Comparative Example 4 In place of the oxygen-absorbing multilayer sheet of Example 4, polypropylene (200 μm) / modified polypropylene (15 μm)
/ MX nylon (20 μm) / modified polypropylene (1
A peanut candy package was obtained in the same manner as in Example 4 using a blister molded container (volume: 10 cc) obtained by vacuum molding a multilayer sheet having a structure of 5 μm) / polypropylene (150 μm).

A plurality of the peanut candy packages of Example 4 and Comparative Example 4 were stored for one month at a temperature of 35 ° C., and during this period, a part of the package was opened appropriately on the second day of storage. Then, the peanut candy was taken out, and quality changes such as color tone and flavor were compared and examined, and the quality of the peanut candy was evaluated. As a result, in the peanut candy of Example 4, the excellent taste of the peanut, which was confirmed on the first second day, was well maintained for one month. The peanut candy of Comparative Example 1 was obtained in Example 1.
From the beginning, there is a slight difference in the flavor of peanuts.
After a month, an odor of oxidation began to be felt, and the flavor was poor overall.

Example 5 Using the oxygen-absorbing multilayer film prepared in Example 1, a three-side seal bag (10 cm × 10 cm) having one end opened was produced. The bag was filled with 80 cc of fish surimi containing crab meat, the bag mouth was heat-sealed and sealed, and then heated at 105 ° C. for 80 minutes to obtain a solid kamaboko package of fish surimi containing crab meat.

Comparative Example 5 A three-sided sealed bag (10 cm × 10 cm) was prepared using the multilayer film without an oxygen-absorbing resin layer prepared in Comparative Example 1, and this bag was used. I got a body.

The kamaboko packages of Example 5 and Comparative Example 5 were
Each of them was stored for one month at a temperature of 5 ° C. During this period, a part of the storage was opened on the second day after that, and the container was opened, and the kamaboko was taken out.
Quality evaluation such as flavor was performed. As a result, in the kamaboko of Example 5, the quality of the kamaboko including the color tone and flavor, particularly the remarkable crab color tone and flavor, confirmed on the first two days were maintained well for one month. Comparative Example 1 had a slight difference in quality from the beginning as compared with Example 1, and after one month, the color tone of the crab meat was clearly faded, and nets were generated in the kamaboko and the flavor was extremely reduced. Was.

[0047]

As is clear from the examples, the excellent quality maintaining effect of the present invention has no quality reduction from the initial stage,
It is much better than expected. Conventionally, in a molded food package, if the food is filled so as to leave as little space in the container as possible, the space is small because the liquid or semi-liquid is filled in close contact with the container wall, and the amount of residual oxygen in the container is small. It is low and solidifies at a relatively early stage even when heated.For example, oxygen that is entrained in food, if it is completely solidified, will be trapped in food and the effect of oxygen will affect the whole food For this reason, it has been considered that if complete barrier packaging is carried out, immediately after packaging, there is no overall quality change over the interior of the food, regardless of any surface color change.

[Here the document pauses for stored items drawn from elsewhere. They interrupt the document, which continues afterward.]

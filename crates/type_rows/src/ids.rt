//! Maps by ids.

use id_maps::hasher::IdHasher;
use id_maps::map::{IdMap, empty_map};
use std::hash::Hasher;
use std::test::Fail;

/// Bytes, and what they are hashed to: each byte behind a rotation by eight bits, by a program of its own.
const HASHES: &[(&[u8], u64)] = &[
    (b"", 0),
    (b"a", 0x61),
    (b"abcdefgh", 0x6162_6364_6566_6768),
    (b"abcdefghi", 0x6263_6465_6667_6808),
];

#[test]
fn bytes_are_hashed_one_after_the_other(rt: HostRuntime) -> Result<(), Fail> {
    for &(bytes, hash) in HASHES {
        let mut hasher = IdHasher::default();
        hasher.write(bytes);
        assert!(rt; hasher.finish() == hash, "{bytes:?}");
    }
    Ok(())
}

/// The rotations bring the same bytes together, so both have one hash.
const FIRST: [u8; 32] = [1; 32];

const SECOND: [u8; 32] = [2; 32];

#[test]
fn ids_of_one_hash_are_told_apart(rt: HostRuntime) -> Result<(), Fail> {
    let mut places: IdMap<[u8; 32], u32> = empty_map(rt.alloc());
    assert!(rt; places.len() == 0);
    let _ = places.insert(FIRST, 10)?;
    let _ = places.insert(SECOND, 20)?;
    assert!(rt; places.get(&FIRST) == Some(&10));
    assert!(rt; places.get(&SECOND) == Some(&20));
    assert!(rt; places.get(&[3; 32]) == None);
    Ok(())
}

However, as can be seen from the comparative examples, surprisingly, from the initial stage, not only the surface color change, but also the decrease in flavor, which is considered to be an overall change throughout the food, occurred. Assuming that the overall quality deterioration that occurs during the production of such a molded food package is caused by traces of residual oxygen and heating, the comparative example predicts that the speed of the quality deterioration is very fast. If so, even if a small amount of oxygen is absorbed using the oxygen absorbing resin layer, the effect is naturally limited and the effect is limited to a superficial effect.

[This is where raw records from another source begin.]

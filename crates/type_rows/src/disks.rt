//! A disk in memory: what calls make of it before, in and after a stop.

use basil_types::bytes::Bytes;
use journal_disk::disk::Disk;
use journal_disk::memory::{MemDisk, reads_may_be_left};
use std::alloc::Global;
use std::test::Fail;

/// A call of a disk; a read is of eight bytes, and names those that it gives.
#[derive(Clone, Copy)]
enum Call {
    Write(u64, &'static [u8]),
    Read(u64, &'static [u8]),
    Sync,
    StopIn(u64, &'static [u8]),
    Revive,
}

/// Whether a read of eight bytes gives these.
fn reads(disk: &mut MemDisk, at: u64, wanted: &[u8]) -> bool {
    let mut buf = [0; 8];
    match disk.read_at(at, &mut buf) {
        Ok(count) => &buf[..count] == wanted,
        Err(_) => false,
    }
}

/// Has the disk stop, where the write and the bytes can be asked for.
fn stop_in(alloc: Global, disk: &mut MemDisk, write: u64, bytes: &[u8]) -> bool {
    if write == 0 || bytes.is_empty() {
        return false;
    }
    match Bytes::copy_of(alloc, bytes) {
        Ok(bytes) => {
            disk.stop_in(write, bytes);
            true
        }
        Err(_) => false,
    }
}

/// The disk after the call, and whether that did what it asks.
fn ask(alloc: Global, mut disk: MemDisk, asked: Call) -> (MemDisk, bool) {
    let done = match asked {
        Call::Write(at, bytes) => disk.write_at(at, bytes).is_ok(),
        Call::Read(at, wanted) => reads(&mut disk, at, wanted),
        Call::Sync => disk.sync().is_ok(),
        Call::StopIn(write, bytes) => stop_in(alloc, &mut disk, write, bytes),
        Call::Revive => {
            return (disk.revive(), true);
        }
    };
    (disk, done)
}

// Of a disk whose calls 3, 6, 9 and 18 are listed: each call, whether it is done, and what reads then give.
const CALLS: &[(Call, bool, &[u8])] = &[
    (Call::Write(0, b"alder"), true, b"alder"),
    (Call::Read(0, b"alder"), true, b"alder"),
    // Call 3.
    (Call::Write(1, b"x"), false, b"alder"),
    // Two bytes beyond the end.
    (Call::Write(7, b"oak"), true, b"alder\0\0oak"),
    (Call::Read(3, b"er\0\0oak"), true, b"alder\0\0oak"),
    // Call 6.
    (Call::Read(0, b"alder\0\0o"), false, b"alder\0\0oak"),
    // At the end, and beyond it.
    (Call::Read(10, b""), true, b"alder\0\0oak"),
    (Call::Read(12, b""), true, b"alder\0\0oak"),
    // Call 9.
    (Call::Sync, false, b"alder\0\0oak"),
    (Call::Sync, true, b"alder\0\0oak"),
    // The second stop replaces the first.
    (Call::StopIn(9, b"never"), true, b"alder\0\0oak"),
    (Call::StopIn(1, b"ab"), true, b"alder\0\0oak"),
    (Call::Write(2, b"elm!!"), false, b"alababaoak"),
    // All calls fail after the stop.
    (Call::Read(0, b"alababao"), false, b"alababaoak"),
    (Call::Write(0, b"x"), false, b"alababaoak"),
    (Call::Sync, false, b"alababaoak"),
    (Call::Revive, true, b"alababaoak"),
    (Call::Read(0, b"alababao"), true, b"alababaoak"),
    // A stop in the second write; neither the sync between is one, nor does call 18 count, which is listed.
    (Call::StopIn(2, b"-"), true, b"alababaoak"),
    (Call::Write(0, b"AL"), true, b"ALababaoak"),
    (Call::Sync, true, b"ALababaoak"),
    (Call::Write(9, b"x"), false, b"ALababaoak"),
    (Call::Write(9, b"kk"), false, b"ALababaoa--"),
    (Call::Sync, false, b"ALababaoa--"),
    (Call::Revive, true, b"ALababaoa--"),
    // A stop that isn't reached before the disk is revived.
    (Call::StopIn(2, b"z"), true, b"ALababaoa--"),
    (Call::Write(0, b"a"), true, b"aLababaoa--"),
    (Call::Revive, true, b"aLababaoa--"),
    (Call::Write(1, b"l"), true, b"alababaoa--"),
    // More than memory can hold.
    (Call::Write(u64::MAX, b"x"), false, b"alababaoa--"),
    (Call::Write(u64::MAX - 1, b"x"), false, b"alababaoa--"),
    (Call::Sync, true, b"alababaoa--"),
];

// The stops among them.
const STOPS: &[(u64, &[u8])] = &[(1, b"ab"), (2, b"-")];

#[test]
fn a_disk_stops_and_is_revived(rt: HostRuntime) -> Result<(), Fail> {
    let failing = Vec::from_slice(rt.alloc(), &[3, 6, 9, 18])?;
    let mut disk = MemDisk::failing(rt.alloc(), failing);
    for &(asked, done, contents) in CALLS {
        let (now, was_done) = ask(rt.alloc(), disk, asked);
        disk = now;
        assert!(rt; was_done == done);
        assert!(rt; disk.bytes() == contents);
    }
    reads_may_be_left(&disk);
    assert!(rt; !disk.awaits());
    assert!(rt; disk.stops().len() == STOPS.len());
    for (stop, &(write, bytes)) in disk.stops().iter().zip(STOPS) {
        assert!(rt; stop.write == write);
        assert!(rt; stop.bytes.as_slice() == bytes);
    }
    Ok(())
}

#[test]
fn a_disk_begins_empty(rt: HostRuntime) {
    let mut disk = MemDisk::new(rt.alloc());
    assert!(rt; reads(&mut disk, 0, b""));
    assert!(rt; disk.bytes().is_empty());
    assert!(rt; disk.stops().is_empty());
}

However, surprisingly, as is apparent from the examples, unexpectedly, not only the surface color change from the initial stage but also the overall deterioration in the quality of the food inside is suppressed unexpectedly from the initial stage. And a molded food package in which the taste is not impaired. This suggests that the heating contributes to the acceleration of the oxygen absorption rate by the oxygen absorbing resin layer more than expected beyond the rate of quality deterioration. In particular, in the present invention, since the liquid or semi-liquid is heated in a sealed state, the residual oxygen in the voids in the container is of course absorbed, and trace amounts of oxygen and dissolved oxygen entrained in the food are quickly absorbed and removed. Thus, an excellent quality maintaining effect was exerted, which is considered to have brought about a longer-term quality maintaining effect.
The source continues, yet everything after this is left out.